Directions: Count, in the entries, the lines with "blamed". Answer with the number only.

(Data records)
※

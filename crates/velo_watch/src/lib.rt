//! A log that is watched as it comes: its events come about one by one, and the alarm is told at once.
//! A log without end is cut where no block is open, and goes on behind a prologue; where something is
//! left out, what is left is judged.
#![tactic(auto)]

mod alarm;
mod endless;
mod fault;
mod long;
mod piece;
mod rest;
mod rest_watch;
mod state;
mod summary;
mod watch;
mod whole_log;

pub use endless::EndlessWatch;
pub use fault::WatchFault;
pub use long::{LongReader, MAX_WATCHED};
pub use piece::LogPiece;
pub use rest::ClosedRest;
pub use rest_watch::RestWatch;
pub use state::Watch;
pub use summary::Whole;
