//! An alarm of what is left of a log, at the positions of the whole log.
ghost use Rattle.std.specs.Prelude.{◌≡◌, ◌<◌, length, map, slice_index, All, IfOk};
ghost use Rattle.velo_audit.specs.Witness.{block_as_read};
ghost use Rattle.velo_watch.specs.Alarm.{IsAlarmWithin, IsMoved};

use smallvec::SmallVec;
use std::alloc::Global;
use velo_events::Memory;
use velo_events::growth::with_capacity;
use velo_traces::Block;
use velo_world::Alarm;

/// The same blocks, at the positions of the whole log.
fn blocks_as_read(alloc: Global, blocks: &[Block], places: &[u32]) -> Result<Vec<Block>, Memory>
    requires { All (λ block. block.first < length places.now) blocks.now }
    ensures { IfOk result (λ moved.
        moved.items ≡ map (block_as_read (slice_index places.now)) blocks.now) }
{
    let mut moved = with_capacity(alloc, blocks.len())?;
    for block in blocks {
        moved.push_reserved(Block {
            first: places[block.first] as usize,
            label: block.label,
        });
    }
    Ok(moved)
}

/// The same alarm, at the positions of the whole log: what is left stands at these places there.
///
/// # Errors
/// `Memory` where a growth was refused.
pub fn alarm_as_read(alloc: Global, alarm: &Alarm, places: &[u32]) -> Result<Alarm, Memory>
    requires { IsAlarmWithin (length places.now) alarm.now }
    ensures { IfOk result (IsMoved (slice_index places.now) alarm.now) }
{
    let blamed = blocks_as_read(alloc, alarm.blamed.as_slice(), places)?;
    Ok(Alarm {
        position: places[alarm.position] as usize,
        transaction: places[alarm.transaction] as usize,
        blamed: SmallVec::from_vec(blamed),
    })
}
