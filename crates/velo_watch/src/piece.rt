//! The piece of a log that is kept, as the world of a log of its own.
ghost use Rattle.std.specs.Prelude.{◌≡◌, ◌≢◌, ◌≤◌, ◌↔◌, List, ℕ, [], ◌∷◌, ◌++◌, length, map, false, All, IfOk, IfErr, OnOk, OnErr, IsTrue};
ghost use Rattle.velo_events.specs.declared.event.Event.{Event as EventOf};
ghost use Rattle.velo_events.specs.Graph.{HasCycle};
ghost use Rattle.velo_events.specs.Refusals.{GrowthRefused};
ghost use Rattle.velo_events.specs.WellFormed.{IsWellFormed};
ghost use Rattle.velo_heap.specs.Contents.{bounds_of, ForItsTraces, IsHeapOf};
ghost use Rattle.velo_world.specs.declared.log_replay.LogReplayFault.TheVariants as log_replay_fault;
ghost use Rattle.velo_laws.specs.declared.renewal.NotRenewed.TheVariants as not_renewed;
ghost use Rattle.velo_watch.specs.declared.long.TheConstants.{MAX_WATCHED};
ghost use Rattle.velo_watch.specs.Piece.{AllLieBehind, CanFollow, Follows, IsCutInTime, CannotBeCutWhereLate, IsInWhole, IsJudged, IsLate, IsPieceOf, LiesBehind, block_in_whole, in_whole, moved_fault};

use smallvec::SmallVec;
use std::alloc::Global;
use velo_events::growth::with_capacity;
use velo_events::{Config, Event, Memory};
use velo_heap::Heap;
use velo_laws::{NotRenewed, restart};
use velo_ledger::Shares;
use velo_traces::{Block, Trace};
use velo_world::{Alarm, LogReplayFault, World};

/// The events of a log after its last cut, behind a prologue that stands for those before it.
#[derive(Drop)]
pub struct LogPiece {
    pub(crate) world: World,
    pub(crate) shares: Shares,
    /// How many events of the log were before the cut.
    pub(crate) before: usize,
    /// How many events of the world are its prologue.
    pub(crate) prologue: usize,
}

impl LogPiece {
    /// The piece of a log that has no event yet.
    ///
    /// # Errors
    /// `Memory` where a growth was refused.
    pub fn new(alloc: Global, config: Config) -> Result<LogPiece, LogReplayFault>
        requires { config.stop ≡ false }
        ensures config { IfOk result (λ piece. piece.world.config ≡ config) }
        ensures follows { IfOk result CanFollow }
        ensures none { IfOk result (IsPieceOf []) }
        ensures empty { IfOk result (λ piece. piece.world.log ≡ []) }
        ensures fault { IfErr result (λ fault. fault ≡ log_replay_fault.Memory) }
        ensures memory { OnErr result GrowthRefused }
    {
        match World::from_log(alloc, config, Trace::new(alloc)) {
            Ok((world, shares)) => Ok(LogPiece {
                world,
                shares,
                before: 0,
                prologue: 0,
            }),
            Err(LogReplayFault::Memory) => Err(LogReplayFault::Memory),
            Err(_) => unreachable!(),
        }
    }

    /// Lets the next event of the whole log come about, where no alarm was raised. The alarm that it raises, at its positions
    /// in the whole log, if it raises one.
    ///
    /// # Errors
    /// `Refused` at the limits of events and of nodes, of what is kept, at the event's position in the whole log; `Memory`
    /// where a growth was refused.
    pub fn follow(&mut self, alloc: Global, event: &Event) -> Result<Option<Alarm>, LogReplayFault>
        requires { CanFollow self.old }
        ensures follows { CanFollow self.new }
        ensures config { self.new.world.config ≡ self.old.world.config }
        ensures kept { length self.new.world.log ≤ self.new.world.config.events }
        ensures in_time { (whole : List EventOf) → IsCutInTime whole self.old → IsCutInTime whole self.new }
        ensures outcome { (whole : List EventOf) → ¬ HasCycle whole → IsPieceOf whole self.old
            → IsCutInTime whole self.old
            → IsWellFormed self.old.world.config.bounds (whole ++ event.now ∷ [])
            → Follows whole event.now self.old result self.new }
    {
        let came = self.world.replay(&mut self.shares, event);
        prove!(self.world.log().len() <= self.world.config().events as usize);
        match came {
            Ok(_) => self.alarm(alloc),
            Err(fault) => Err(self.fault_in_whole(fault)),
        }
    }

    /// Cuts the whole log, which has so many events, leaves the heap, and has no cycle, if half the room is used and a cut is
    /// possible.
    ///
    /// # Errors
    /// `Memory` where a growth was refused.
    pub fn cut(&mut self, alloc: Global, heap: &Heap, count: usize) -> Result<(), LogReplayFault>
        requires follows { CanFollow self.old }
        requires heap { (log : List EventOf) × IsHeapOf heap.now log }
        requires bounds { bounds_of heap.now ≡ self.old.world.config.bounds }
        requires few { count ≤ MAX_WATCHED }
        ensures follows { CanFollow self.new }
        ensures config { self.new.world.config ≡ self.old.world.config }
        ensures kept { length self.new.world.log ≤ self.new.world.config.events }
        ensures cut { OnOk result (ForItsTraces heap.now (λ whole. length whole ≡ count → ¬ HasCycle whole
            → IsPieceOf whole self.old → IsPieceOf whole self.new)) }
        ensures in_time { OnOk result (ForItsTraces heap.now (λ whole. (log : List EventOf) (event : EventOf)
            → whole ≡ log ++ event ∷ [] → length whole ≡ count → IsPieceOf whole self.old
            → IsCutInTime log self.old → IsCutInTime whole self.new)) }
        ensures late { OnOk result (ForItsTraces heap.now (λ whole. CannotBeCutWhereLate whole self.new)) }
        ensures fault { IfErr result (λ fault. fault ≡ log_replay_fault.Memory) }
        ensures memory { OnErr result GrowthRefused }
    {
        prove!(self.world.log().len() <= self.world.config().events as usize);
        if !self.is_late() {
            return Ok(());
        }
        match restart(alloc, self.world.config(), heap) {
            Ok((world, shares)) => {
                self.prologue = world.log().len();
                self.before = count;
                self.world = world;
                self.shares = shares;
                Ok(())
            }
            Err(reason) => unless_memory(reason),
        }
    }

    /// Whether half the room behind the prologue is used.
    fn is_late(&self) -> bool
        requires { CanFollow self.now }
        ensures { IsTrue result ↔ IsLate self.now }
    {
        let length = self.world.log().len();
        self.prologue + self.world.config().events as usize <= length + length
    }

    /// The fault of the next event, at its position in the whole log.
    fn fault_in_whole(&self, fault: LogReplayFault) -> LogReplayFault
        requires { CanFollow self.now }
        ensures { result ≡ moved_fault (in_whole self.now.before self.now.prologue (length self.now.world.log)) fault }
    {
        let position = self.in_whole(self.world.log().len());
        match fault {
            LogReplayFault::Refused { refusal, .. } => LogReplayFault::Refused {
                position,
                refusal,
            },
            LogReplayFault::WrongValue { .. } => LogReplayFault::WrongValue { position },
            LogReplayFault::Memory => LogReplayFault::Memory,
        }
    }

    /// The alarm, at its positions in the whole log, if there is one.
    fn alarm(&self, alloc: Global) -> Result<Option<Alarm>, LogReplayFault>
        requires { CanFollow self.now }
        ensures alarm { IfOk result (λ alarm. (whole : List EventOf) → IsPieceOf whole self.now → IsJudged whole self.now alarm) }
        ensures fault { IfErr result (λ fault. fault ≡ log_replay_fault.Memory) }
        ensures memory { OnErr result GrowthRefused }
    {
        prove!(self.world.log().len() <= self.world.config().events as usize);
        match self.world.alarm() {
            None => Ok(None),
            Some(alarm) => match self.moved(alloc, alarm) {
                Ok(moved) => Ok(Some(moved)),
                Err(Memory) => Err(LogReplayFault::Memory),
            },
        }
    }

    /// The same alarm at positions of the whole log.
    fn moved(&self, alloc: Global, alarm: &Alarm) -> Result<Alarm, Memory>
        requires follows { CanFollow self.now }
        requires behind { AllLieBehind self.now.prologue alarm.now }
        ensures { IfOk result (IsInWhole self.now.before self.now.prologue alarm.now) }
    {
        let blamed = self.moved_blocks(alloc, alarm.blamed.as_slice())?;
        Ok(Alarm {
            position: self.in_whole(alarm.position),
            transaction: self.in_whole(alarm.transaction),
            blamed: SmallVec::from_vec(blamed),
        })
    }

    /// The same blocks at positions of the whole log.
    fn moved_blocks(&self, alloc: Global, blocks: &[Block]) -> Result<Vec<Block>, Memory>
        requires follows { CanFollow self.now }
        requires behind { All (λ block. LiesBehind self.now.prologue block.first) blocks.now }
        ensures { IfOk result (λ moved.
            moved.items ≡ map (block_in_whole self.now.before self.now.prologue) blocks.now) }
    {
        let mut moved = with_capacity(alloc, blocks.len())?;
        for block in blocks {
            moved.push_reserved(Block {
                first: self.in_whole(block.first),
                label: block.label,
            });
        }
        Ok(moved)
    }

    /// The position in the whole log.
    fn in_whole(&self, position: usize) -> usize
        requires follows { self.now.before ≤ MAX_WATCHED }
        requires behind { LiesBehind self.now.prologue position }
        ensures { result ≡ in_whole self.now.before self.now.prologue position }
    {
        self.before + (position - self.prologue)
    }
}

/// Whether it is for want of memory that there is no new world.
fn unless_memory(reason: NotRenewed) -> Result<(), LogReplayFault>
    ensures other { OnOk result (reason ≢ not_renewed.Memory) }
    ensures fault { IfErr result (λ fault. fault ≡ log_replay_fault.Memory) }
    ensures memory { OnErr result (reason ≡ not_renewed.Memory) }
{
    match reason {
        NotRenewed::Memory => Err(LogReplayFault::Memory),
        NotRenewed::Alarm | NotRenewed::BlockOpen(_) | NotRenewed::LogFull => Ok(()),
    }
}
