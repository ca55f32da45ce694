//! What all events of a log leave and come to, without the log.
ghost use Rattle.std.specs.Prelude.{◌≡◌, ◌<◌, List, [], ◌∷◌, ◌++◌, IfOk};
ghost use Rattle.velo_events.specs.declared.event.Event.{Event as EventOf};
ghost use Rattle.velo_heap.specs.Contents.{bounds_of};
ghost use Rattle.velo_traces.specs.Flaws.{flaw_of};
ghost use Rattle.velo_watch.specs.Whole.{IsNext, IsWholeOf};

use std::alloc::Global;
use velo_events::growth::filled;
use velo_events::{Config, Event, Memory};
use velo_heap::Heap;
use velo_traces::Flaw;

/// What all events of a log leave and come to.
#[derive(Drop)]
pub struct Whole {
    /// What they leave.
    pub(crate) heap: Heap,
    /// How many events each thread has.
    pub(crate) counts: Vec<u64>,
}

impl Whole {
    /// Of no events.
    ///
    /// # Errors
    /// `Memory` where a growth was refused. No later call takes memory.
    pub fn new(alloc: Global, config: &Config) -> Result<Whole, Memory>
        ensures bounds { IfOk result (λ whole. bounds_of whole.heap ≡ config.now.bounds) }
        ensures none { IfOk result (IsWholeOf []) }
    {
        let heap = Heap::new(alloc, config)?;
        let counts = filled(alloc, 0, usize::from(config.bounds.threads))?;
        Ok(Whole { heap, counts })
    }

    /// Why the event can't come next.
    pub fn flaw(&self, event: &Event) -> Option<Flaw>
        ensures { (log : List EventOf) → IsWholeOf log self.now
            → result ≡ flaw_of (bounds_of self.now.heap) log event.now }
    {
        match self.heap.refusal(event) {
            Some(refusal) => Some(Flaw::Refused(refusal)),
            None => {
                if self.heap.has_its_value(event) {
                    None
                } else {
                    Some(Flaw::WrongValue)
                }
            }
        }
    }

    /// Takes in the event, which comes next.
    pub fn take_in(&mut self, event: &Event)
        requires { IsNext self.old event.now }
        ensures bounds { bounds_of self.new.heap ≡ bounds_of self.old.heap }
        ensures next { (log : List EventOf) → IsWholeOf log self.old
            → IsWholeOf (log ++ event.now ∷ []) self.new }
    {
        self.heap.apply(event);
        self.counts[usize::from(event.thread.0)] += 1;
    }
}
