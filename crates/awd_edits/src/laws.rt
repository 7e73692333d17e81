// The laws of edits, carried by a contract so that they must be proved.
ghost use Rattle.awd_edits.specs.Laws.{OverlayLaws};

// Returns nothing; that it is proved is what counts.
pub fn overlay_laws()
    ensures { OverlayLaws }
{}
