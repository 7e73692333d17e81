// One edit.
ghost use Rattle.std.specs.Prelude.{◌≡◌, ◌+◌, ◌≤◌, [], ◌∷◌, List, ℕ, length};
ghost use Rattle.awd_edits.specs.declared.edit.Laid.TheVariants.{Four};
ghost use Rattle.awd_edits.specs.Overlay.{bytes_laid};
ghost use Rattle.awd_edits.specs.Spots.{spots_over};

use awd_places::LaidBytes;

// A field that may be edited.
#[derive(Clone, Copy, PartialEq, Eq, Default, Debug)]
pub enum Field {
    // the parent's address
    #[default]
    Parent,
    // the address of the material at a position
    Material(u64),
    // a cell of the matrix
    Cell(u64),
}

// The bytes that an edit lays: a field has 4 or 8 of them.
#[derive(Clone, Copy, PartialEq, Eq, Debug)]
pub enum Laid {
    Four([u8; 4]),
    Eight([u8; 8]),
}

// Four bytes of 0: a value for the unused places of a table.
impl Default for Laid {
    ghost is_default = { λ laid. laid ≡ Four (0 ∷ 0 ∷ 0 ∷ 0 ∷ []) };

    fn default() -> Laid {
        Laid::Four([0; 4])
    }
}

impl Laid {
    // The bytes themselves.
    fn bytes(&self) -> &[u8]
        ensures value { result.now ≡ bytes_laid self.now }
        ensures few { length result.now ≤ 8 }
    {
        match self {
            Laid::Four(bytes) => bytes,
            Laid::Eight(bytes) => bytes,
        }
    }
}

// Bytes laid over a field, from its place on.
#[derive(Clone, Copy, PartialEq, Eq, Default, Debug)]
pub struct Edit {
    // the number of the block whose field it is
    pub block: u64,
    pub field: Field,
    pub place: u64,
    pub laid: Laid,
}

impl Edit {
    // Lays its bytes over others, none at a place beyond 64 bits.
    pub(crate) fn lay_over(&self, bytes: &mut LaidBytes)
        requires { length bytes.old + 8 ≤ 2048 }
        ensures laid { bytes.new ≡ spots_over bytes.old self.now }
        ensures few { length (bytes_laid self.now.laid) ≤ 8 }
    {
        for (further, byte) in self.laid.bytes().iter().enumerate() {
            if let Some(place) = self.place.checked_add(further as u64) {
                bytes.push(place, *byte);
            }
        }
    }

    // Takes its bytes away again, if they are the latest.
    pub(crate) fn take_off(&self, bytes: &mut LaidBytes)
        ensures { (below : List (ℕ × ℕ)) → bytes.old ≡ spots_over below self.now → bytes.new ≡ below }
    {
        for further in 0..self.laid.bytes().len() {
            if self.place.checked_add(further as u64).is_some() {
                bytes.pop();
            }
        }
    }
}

※

Answer: 4